◆ **Data for analysis**
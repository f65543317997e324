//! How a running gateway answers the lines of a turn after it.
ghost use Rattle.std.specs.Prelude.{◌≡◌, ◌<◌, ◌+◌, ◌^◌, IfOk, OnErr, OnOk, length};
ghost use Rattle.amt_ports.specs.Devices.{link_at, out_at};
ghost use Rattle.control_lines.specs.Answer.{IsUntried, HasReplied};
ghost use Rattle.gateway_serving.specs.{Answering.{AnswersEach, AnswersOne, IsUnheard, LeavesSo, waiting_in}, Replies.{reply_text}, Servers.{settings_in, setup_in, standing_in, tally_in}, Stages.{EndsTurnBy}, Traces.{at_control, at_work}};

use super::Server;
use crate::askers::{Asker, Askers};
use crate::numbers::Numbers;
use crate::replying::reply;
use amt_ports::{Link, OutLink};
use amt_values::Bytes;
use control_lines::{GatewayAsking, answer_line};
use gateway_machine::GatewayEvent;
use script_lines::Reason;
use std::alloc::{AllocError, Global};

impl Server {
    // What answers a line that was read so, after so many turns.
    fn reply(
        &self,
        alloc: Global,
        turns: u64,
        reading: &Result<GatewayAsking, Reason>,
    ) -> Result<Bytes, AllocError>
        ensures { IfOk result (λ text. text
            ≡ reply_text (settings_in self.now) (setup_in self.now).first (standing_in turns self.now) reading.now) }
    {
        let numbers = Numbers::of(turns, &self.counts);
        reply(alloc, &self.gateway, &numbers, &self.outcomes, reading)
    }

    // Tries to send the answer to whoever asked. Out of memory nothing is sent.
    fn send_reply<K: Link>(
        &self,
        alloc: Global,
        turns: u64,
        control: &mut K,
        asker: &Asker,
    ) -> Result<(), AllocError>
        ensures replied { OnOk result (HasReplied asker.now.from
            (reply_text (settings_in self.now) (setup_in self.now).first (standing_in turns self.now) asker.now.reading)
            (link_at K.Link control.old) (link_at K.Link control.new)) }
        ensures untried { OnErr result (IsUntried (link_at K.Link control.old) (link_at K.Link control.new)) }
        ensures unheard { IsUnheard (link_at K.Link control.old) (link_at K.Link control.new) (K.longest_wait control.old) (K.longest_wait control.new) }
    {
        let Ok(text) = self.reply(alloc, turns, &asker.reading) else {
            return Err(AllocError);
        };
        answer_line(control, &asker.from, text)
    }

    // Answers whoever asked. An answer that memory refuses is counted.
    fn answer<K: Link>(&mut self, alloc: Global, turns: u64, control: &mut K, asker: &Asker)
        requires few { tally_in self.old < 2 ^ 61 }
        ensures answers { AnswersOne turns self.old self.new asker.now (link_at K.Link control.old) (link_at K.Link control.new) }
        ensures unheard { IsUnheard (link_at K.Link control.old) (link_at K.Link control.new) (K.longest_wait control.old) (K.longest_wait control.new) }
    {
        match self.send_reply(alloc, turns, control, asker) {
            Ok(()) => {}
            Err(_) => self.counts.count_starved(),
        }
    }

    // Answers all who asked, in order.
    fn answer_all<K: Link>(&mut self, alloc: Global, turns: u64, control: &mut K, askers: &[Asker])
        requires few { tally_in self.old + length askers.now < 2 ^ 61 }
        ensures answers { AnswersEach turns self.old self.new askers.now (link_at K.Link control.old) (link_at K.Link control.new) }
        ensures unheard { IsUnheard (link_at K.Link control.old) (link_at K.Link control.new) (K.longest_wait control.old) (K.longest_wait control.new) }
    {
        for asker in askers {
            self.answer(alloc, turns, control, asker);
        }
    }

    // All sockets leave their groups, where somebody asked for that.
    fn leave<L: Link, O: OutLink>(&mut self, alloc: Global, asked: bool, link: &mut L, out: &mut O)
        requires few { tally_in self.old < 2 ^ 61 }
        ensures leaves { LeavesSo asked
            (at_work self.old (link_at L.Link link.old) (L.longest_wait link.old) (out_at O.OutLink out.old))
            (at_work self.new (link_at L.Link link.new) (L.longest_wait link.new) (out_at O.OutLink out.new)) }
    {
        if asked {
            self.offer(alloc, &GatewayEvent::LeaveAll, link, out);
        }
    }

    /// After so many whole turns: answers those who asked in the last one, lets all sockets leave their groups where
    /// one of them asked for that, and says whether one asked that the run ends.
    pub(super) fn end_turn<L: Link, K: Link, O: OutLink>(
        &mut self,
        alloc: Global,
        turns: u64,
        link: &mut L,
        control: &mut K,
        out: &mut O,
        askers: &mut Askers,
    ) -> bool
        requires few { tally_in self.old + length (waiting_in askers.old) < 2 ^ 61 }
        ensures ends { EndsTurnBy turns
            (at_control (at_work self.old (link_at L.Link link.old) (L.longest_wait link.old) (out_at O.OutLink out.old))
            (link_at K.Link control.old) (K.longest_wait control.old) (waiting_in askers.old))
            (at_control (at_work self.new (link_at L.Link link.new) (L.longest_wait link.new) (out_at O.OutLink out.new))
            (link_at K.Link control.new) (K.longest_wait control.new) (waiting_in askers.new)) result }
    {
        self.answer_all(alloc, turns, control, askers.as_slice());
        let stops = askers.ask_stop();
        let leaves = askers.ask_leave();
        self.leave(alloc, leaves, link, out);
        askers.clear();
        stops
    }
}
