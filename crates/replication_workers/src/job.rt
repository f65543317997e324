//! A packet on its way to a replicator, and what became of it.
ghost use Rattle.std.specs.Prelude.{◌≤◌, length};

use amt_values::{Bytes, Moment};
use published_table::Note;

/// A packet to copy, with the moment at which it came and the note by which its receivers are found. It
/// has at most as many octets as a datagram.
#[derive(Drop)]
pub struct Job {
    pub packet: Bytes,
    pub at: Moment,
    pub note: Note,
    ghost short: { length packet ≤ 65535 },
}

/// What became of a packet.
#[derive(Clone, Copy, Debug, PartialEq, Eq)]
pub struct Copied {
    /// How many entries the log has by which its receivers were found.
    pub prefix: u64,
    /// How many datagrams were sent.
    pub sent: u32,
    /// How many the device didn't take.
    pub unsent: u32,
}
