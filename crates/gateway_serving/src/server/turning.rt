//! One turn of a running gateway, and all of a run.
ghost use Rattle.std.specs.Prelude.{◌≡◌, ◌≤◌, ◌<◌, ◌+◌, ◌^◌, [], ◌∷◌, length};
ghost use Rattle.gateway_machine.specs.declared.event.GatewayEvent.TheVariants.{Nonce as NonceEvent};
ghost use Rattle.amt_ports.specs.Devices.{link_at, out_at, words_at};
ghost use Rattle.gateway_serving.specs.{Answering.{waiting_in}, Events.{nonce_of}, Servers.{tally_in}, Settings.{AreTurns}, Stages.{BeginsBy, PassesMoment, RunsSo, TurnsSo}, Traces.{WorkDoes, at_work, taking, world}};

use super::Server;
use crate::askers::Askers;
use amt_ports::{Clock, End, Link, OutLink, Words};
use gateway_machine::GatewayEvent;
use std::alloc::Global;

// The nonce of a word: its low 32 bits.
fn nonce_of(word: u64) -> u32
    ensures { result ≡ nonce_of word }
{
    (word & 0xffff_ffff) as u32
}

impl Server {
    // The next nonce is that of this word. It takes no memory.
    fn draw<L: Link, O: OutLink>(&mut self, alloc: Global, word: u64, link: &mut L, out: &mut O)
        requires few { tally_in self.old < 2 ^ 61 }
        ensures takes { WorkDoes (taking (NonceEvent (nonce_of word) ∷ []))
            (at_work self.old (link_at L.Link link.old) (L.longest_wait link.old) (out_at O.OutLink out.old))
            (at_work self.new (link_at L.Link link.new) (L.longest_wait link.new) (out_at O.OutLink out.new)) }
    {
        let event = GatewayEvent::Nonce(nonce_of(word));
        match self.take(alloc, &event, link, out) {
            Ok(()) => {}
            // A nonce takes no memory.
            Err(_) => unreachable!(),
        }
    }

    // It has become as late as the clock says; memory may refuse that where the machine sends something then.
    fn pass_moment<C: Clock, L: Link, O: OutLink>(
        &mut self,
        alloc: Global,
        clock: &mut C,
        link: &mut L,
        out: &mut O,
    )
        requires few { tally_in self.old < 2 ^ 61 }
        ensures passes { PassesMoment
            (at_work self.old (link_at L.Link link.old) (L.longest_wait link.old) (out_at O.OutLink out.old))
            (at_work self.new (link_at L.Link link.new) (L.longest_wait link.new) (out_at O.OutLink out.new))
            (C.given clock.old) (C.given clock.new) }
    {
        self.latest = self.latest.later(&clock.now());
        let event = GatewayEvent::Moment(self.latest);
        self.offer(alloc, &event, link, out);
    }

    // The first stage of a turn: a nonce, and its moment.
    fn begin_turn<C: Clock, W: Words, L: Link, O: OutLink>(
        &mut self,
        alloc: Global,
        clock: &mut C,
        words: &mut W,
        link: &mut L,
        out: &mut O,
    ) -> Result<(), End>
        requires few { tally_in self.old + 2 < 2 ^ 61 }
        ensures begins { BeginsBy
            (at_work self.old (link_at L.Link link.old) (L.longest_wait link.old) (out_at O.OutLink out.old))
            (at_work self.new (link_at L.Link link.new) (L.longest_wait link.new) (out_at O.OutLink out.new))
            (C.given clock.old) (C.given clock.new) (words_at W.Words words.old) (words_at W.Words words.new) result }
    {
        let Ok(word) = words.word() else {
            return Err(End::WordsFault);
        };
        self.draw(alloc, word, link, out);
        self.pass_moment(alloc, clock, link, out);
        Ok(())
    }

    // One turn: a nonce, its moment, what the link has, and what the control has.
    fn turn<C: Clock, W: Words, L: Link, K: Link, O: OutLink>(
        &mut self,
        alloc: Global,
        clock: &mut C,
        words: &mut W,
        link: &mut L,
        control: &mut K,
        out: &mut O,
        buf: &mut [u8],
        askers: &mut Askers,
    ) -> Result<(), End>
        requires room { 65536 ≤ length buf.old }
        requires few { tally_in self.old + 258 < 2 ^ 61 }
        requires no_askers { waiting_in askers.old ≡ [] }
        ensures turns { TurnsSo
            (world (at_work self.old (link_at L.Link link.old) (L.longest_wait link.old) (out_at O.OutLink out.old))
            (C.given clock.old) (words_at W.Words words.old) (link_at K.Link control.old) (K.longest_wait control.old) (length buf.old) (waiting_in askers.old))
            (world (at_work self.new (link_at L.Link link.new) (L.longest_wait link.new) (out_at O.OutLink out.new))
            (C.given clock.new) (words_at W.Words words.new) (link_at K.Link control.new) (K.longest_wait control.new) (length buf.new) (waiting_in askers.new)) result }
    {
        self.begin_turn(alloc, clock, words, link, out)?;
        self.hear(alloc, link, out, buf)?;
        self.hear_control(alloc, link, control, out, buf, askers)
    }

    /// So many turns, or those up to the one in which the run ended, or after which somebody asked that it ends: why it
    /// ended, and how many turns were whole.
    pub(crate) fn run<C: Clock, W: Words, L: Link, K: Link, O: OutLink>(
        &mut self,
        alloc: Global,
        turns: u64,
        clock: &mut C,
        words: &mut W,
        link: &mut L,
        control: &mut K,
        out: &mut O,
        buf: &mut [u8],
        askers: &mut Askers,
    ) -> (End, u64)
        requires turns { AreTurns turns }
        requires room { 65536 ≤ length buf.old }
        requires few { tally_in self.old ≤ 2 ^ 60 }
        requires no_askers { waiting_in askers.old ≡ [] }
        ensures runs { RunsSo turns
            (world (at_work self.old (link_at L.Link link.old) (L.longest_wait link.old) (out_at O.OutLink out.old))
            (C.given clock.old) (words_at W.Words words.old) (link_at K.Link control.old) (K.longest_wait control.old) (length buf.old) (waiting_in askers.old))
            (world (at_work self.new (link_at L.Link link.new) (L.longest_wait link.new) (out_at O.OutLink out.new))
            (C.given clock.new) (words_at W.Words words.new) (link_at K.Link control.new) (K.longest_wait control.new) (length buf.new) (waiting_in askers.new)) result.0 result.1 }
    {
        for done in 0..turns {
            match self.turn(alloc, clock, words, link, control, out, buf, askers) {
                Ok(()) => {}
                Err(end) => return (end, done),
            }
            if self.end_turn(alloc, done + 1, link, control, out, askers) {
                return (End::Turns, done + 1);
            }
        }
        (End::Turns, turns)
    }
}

==

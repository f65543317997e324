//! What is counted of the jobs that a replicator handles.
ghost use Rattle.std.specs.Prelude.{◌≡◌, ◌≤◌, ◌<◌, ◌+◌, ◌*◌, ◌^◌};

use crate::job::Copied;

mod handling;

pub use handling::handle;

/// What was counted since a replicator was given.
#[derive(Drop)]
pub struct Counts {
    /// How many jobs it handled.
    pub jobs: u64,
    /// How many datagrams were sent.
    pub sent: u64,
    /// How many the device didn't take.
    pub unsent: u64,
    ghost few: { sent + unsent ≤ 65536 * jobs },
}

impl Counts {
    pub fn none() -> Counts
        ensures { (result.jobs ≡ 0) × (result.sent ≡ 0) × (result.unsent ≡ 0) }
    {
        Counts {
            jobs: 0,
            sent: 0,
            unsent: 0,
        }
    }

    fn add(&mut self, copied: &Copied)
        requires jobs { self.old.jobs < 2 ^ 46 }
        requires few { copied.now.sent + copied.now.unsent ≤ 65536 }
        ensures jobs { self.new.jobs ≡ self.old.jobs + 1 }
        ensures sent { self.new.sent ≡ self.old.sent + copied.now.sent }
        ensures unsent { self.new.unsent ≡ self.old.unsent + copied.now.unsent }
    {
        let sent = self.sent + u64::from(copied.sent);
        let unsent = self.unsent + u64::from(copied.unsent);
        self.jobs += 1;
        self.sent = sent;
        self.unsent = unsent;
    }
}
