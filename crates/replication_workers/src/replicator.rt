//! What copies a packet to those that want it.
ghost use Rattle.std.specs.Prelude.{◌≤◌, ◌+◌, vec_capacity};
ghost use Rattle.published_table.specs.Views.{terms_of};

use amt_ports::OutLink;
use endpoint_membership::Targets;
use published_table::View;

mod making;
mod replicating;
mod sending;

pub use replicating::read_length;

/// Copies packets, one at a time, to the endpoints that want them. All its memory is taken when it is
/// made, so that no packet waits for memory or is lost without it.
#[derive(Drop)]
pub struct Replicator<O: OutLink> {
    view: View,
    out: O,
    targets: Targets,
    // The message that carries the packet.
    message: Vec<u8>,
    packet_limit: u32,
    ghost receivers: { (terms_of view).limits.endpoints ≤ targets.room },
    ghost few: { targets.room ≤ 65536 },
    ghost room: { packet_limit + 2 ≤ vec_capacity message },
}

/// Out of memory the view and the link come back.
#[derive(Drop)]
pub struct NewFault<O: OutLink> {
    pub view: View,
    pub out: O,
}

---

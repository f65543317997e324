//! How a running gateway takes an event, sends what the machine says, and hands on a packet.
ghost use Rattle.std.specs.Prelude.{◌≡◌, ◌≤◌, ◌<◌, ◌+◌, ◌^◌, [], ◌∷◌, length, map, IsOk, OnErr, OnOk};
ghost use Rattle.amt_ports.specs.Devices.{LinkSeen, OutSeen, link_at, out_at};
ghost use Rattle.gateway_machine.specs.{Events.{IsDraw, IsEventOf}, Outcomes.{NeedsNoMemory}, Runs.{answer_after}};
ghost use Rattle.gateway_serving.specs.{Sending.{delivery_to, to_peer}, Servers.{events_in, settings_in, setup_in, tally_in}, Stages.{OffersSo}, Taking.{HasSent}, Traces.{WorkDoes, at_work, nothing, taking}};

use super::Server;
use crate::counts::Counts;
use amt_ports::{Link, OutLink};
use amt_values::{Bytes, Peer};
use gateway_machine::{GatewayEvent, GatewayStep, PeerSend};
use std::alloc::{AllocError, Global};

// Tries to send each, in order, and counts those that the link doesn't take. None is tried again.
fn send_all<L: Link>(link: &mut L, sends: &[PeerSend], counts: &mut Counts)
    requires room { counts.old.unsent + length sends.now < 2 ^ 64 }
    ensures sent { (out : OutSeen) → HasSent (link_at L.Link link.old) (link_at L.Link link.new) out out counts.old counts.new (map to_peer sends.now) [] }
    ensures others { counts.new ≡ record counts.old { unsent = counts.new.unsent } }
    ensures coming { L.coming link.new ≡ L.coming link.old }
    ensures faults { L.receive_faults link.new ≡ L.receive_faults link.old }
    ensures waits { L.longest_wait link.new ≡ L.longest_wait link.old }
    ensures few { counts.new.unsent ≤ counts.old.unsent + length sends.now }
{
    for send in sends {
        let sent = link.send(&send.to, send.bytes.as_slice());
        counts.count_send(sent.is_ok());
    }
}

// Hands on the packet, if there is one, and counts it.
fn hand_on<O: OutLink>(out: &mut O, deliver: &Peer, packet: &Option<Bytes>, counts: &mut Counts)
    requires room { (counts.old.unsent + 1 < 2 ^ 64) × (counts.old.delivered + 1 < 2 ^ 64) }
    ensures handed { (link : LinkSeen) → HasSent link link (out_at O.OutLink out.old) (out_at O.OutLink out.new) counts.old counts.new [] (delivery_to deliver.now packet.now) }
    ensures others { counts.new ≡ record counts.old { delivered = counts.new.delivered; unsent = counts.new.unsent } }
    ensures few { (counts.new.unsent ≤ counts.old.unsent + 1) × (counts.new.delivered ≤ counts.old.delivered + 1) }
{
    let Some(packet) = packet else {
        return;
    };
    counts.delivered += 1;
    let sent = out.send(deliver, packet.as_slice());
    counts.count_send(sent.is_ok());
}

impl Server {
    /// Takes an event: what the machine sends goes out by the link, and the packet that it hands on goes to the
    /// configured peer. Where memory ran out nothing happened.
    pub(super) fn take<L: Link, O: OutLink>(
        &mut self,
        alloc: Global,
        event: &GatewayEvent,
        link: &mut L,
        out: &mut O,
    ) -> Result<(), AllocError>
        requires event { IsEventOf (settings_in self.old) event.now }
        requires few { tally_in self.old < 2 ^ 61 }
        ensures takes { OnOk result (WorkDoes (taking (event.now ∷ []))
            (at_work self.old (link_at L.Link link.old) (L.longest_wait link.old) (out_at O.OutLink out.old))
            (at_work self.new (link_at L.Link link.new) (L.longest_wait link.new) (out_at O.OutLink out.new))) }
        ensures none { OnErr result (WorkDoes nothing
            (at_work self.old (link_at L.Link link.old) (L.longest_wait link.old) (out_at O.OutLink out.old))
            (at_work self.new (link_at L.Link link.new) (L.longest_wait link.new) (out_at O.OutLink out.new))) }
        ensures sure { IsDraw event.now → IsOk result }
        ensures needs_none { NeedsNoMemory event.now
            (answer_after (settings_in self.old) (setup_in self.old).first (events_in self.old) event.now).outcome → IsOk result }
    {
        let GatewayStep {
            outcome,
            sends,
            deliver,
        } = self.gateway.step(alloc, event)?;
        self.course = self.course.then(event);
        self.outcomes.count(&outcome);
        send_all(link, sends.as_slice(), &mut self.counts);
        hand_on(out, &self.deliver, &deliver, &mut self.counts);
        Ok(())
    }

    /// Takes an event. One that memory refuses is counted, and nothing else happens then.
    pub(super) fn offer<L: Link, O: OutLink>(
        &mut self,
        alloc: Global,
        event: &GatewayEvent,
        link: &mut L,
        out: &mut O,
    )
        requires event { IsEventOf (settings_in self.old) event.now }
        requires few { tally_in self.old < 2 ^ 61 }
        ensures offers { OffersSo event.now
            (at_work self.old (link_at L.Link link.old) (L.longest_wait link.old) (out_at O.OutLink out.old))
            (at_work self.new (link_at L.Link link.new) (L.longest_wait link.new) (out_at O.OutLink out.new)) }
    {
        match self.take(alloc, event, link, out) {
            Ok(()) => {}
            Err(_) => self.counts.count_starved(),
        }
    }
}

◆ **Exercise prompt**
Please write out, exactly as they appear above, only the lines in the stretch from the line with "(K.longest_wait control.new) (waiting_in" through the line with "pub struct Copied".

◆ **Your response**
            (link_at K.Link control.new) (K.longest_wait control.new) (waiting_in askers.new)) result }
    {
        self.answer_all(alloc, turns, control, askers.as_slice());
        let stops = askers.ask_stop();
        let leaves = askers.ask_leave();
        self.leave(alloc, leaves, link, out);
        askers.clear();
        stops
    }
}
filename crates/replication_workers/src/job.rt
repository f65543317997e324
//! A packet on its way to a replicator, and what became of it.
ghost use Rattle.std.specs.Prelude.{◌≤◌, length};

use amt_values::{Bytes, Moment};
use published_table::Note;

/// A packet to copy, with the moment at which it came and the note by which its receivers are found. It
/// has at most as many octets as a datagram.
#[derive(Drop)]
pub struct Job {
    pub packet: Bytes,
    pub at: Moment,
    pub note: Note,
    ghost short: { length packet ≤ 65535 },
}

/// What became of a packet.
#[derive(Clone, Copy, Debug, PartialEq, Eq)]
pub struct Copied {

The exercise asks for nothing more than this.